▶ [What you need to do]:
Where a line of the material contains the string "crates", copy that line.
━━━
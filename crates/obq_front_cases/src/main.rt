//! Runs cases of the crates from the lexer to the front, and of those for words, journals, files and lines, and prints what came
//! of each. Most cases are lines of files, with `%` and two hexadecimal digits for a byte: a source before its tokens (`tokens`,
//! and in parts with how often each stands `long_tokens`), its tree (`shapes`) or its slots (`slots`), a command line (`words`),
//! a journal (`journals`), and the numbers of a report (`reports`). `held` is a file that is read.
#![tactic(auto)]

mod codes;
mod ends;
mod journals;
mod programs;
mod rows;
mod shapes;
mod streams;
mod tokens;
mod words;

use std::{fs, io};

fn main(rt: HostRuntime) -> io::Result<()> {
    let alloc = rt.alloc();
    rt.println("# Keywords")?;
    tokens::print_keywords(&rt)?;
    rt.println("\n# Tokens")?;
    tokens::print_sources(&rt, alloc, &fs::read_to_string(&rt, "tokens")?)?;
    rt.println("\n# Tokens of long sources")?;
    tokens::print_long_sources(&rt, alloc, &fs::read_to_string(&rt, "long_tokens")?)?;
    rt.println("\n# Trees")?;
    shapes::print_sources(&rt, alloc, &fs::read_to_string(&rt, "shapes")?)?;
    rt.println("\n# Slots")?;
    programs::print_slots(&rt, alloc, &fs::read_to_string(&rt, "slots")?)?;
    rt.println("\n# Programs")?;
    programs::print_programs(&rt, alloc)?;
    rt.println("\n# Codes")?;
    codes::print_codes(&rt, alloc)?;
    rt.println("\n# Words")?;
    words::print_lines(&rt, alloc, &fs::read_to_string(&rt, "words")?)?;
    rt.println("\n# Journals")?;
    journals::print_texts(&rt, alloc, &fs::read_to_string(&rt, "journals")?)?;
    journals::print_built(&rt, alloc)?;
    rt.println("\n# Ends")?;
    ends::print_reports(&rt, alloc, &fs::read_to_string(&rt, "reports")?)?;
    ends::print_links(&rt, alloc)?;
    rt.println("\n# Files and sinks")?;
    streams::print_disk(&rt)?;
    streams::print_memory(&rt, alloc)
}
━━━
▶ [Written response]:
filename crates/obq_front_cases/src/main.rt
//! Runs cases of the crates from the lexer to the front, and of those for words, journals, files and lines, and prints what came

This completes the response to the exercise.